Designed an autonomous, self-improving agent that evolves cache‐replacement policies by closing the loop between LLM code generation, ChampSim feedback (rewarded by cache hit rate), and FunSearch-style evolutionary selection.
Implemented an end-to-end generative pipeline—retrieval/DAG-augmented prompting, code synthesis/parsing, automatic compilation, simulation, and policy archiving—that produces compilable, interpretable C/C++ policies ready for ChampSim evaluation.
Analyzed design levers (persona conditioning vs. none, prompt variants, trace complexity) and surface practical insights—e.g., stability/volatility trade-offs, simulation bottlenecks from complex generated logic, and risks of overfitting in dual feedback loops.
Analysis of Linear Convergence in Federated Learning: Overcoming Client Heterogeneity and Sparse Gradient Challenges
Wrote a review paper on major federated learning (FL) algorithms, including FedAvg, FedProx, FedNova, and FedLin, focusing on their convergence behaviors and how effectively they reach consensus in an FL setup.
Addressed the central challenges inherent in FL, such as objective and systems heterogeneity, along with the complexities of limited and unreliable communication.
Explored the trade-offs between speed and accuracy within these algorithms, providing valuable insights into their computational efficiency and precision in practical applications.
In this project, modeling and design of the artificial neural network, regression tree, multiple linear regression, and curve fitting model for load forecasting is carried out in the BUET academic and residential area. These approaches help to reduce the problems associated with the conventional method and have the advantage of learning directly from historical data. The forecasting models here have used data such as past load, and weather information like dew point and temperatures.
The actual data are taken from the BUET POWER PLANT. The data of load for the year 2005 is collected for a particular region and used to create an arbitrary dataset for 20 years. The main objective is to forecast the amount of electricity needed for better load distribution in the area.
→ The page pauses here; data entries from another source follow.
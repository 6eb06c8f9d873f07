// Charts made of others and of records. Each reading costs what one of the chart beneath costs, and a step.
ghost use Rattle.std.specs.Prelude.{◌≡◌, ℕ, ◌≤◌, map, length, take, Some, None, slice_index_or, slice_set};
ghost use Rattle.charts.specs.Views.{mark_line, mark_sign, no_sign, passing};

use crate::chart::{Chart, Line, Sign, SignedChart};
use terms::{CELLS, Kind};

// A record that is a line with its sign.
#[derive(Clone, Copy, Debug, PartialEq, Eq, Default)]
pub struct Mark {
    pub from: u16,
    pub to: u16,
    pub kind: Kind,
    pub serial: u16,
}

impl From<Mark> for Line {
    ghost from_gives = { λ m l. l ≡ record { from = m.from; to = m.to } };

    fn from(mark: Mark) -> Line {
        Line {
            from: mark.from,
            to: mark.to,
        }
    }
}

impl From<Mark> for Sign {
    ghost from_gives = { λ m s. s ≡ mark_sign m };

    fn from(mark: Mark) -> Sign {
        Sign {
            kind: mark.kind,
            serial: mark.serial,
        }
    }
}

// All lines of some records, of which only the first 4,096 count.
#[derive(Clone, Copy, Debug)]
pub struct Marks<'a> {
    pub marks: &'a [Mark],
}

impl Marks<'_> {
    fn counted(&self) -> &[Mark]
        ensures marks { result.now ≡ take 4096 self.now.marks.now }
        ensures bound { length result.now ≤ 4096 }
    {
        &self.marks[..CELLS.min(self.marks.len())]
    }
}

impl Chart for Marks<'_> {
    ghost lines = { λ s. map mark_line (take 4096 s.marks.now) };

    fn len(&self) -> usize {
        self.counted().len()
    }

    fn line(&self, at: usize) -> Option<Line> {
        self.counted().get(at).copied().map(Line::from)
    }
}

impl SignedChart for Marks<'_> {
    ghost signs = { λ s i. slice_index_or (map mark_sign (take 4096 s.marks.now)) i no_sign };

    fn sign(&self, at: usize) -> Sign {
        self.counted()
            .get(at)
            .copied()
            .map(Sign::from)
            .unwrap_or_default()
    }
}

// Only the delegatable lines of a chart.
#[derive(Clone, Copy)]
pub struct Passing<'a, C> {
    pub chart: &'a C,
}

impl<C: SignedChart> Chart for Passing<'_, C> {
    ghost lines = { λ s. passing (C.SignedChart.signs s.chart.now) (C.Chart.lines s.chart.now) };

    fn len(&self) -> usize {
        self.chart.len()
    }

    fn line(&self, at: usize) -> Option<Line> {
        if self.chart.sign(at).kind != Kind::Delegatable {
            return None;
        }
        self.chart.line(at)
    }
}

// All lines of a chart but the one at a place.
#[derive(Clone, Copy)]
pub struct Without<'a, C> {
    pub chart: &'a C,
    pub at: usize,
}

impl<C: Chart> Chart for Without<'_, C> {
    ghost lines = { λ s. slice_set (C.Chart.lines s.chart.now) s.at None };

    fn len(&self) -> usize {
        self.chart.len()
    }

    fn line(&self, at: usize) -> Option<Line> {
        if at == self.at {
            None
        } else {
            self.chart.line(at)
        }
    }
}

impl<C: SignedChart> SignedChart for Without<'_, C> {
    ghost signs = { λ s. C.SignedChart.signs s.chart.now };

    fn sign(&self, at: usize) -> Sign {
        self.chart.sign(at)
    }
}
Using different methods for forecasting gives the chance to compare their performances and choose the best out of them and that leads to creating an averaging model to take the best three of them and get a better result.
In this project, we have designed a system that will convert the texts written on an image to speech. To accomplish that task, we have utilized the functionalities of "Optical Character Recognition (OCR)" in Matlab.
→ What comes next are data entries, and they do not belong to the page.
// A chart is a list of at most 4,096 lines, each present or absent: a directed graph by its edges. A line with
// an end above 511 counts for nothing. Reading a chart alters nothing. Whatever is proved of charts holds of each
// type that is one.
ghost use Rattle.std.specs.Prelude.{◌≡◌, ℕ, ◌≤◌, List, length, None, Option, slice_index_or};
ghost use Rattle.std.specs.Iterator.{YieldsFirst, item_count};
ghost use Rattle.std.specs.Iterator.Runs.{YieldsInOrder};
ghost use Rattle.charts.specs.declared.chart.Line.{Line};
ghost use Rattle.charts.specs.declared.chart.Sign.{Sign};
ghost use Rattle.charts.specs.Reaching.{between_accounts};
ghost use Rattle.charts.specs.Walks.{lines_left};

use std::ops::Range;
use terms::{ACCOUNTS, Kind};

#[derive(Clone, Copy, Debug, PartialEq, Eq)]
pub struct Line {
    pub from: u16,
    pub to: u16,
}

impl Line {
    // Whether it leads between accounts.
    pub fn joins_accounts(&self) -> bool
        ensures { result ≡ between_accounts self.now }
    {
        self.from < ACCOUNTS && self.to < ACCOUNTS
    }
}

// What a line says beside where it leads. The default one stands where there is no line.
#[derive(Clone, Copy, Debug, PartialEq, Eq, Default)]
pub struct Sign {
    pub kind: Kind,
    pub serial: u16,
}

pub trait Chart {
    ghost lines: { Self → List (Option Line) };

    fn len(&self) -> usize
        ensures value { result ≡ length (lines self.now) }
        ensures bound { result ≤ 4096 };

    // The line at a place; none is there past the end.
    fn line(&self, at: usize) -> Option<Line>
        ensures { result ≡ slice_index_or (lines self.now) at None };

    // The lines in their order, None for one that is absent.
    final fn iter(&self) -> Lines<'_, Self>
        ensures rest { lines_left lines result ≡ lines self.now }
        ensures bound { length (lines_left lines result) ≤ 4096 }
        ensures runs { YieldsInOrder (YieldsFirst (lines_left lines)) (lines_left lines) }
    {
        Lines {
            chart: self,
            places: 0..self.len(),
        }
    }
}

// The lines of a chart that are still to come.
#[derive(Drop)]
pub struct Lines<'a, C> {
    chart: &'a C,
    places: Range<usize>,
}

impl<C: Chart> Iterator for Lines<'_, C> {
    type Item = Option<Line>;

    ghost next_gives = { YieldsFirst (lines_left C.lines) };

    ghost remaining = { item_count (lines_left C.lines) };

    fn next(&mut self) -> Option<Option<Line>> {
        let at = self.places.next()?;
        Some(self.chart.line(at))
    }
}

// A chart whose lines have signs. The sign at a place where no line is present says nothing.
pub trait SignedChart: Chart {
    ghost signs: { Self → ℕ → Sign };

    fn sign(&self, at: usize) -> Sign
        ensures { result ≡ signs self.now at };
}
Moreover, to extract the words or letters of an image, the Matlab image processing toolbox is used. After the extraction of words, the OCR function is used to recognize the extracted words. In the final phase, using the Matlab speech processing toolbox, we converted those words into speech. In a nutshell, if we nourish the project at an industrial level, this will prove a huge benefit for the handicapped and blind people.
In this project, our main goal was to reproduce the result of the paper "Variable Gain Control for Respiratory Systems. " In this paper, an innovative idea for controlling a mechanical ventilator is proposed. In fact, this control mechanism will be variable in nature, which means that the ventilator will adjust the pressure according to the needs of the patient. Keeping the gravity of the pandemic situation in mind, this literature is undoubtedly a significant addition to the control mechanisms of ventilators.
Traffic light plays an important role in controlling the traffics in urban area. It helps to reduce traffic jam and prevent accidents. Traffic light controller is designed for a four roads junction with eight lenses. It will generate a sequence of digital data to switch the color of the traffic light among red, green and yellow. We have used the idea of Finite State Machine (FSM) to define different states.
For this project we have used Quartus and Proteus in software part to implement the coding and synthesis the circuit. For the analysis part we have wave form analysis and circuit analysis using Proteus.
In this project, we have implemented a "Bangla Digital Clock" using an ARM cortex microprocessor. Specifically, STM32F 103R6 has been utilized in this implementation. Moreover, LED matrix display has been used to show the hour, minute, and second. Additionally, buttons have been integrated for adjustment purposes. For coding purposes, we have used "ARM KEIL" IDE. Finally, the circuit was built and simulated using "Proteus."
In this project, a 4-bit PC is designed according to the basic architecture of "Simple As Possible(SAP)-1." For accomplishing that task, "VerilogHDL" language has been used and "Quartus" software is utilized for simulation and writing of testbench code.
4 bit pc accomplishes all its instruction using 4 bit computing method.In computer architecture, 4-bit integers, memory addresses, or other data units are those that are 4 bits wide. Also, 4-bit CPU and ALU architectures are those that are based on registers, address buses, or data buses of that size. A group of four bits is also called a nibble and has 16 possible values. Its primary purpose is to develop a basic understanding of how a microprocessor works, interacts with memory and other parts of the system like input and output. The instruction set is very limited and is simple.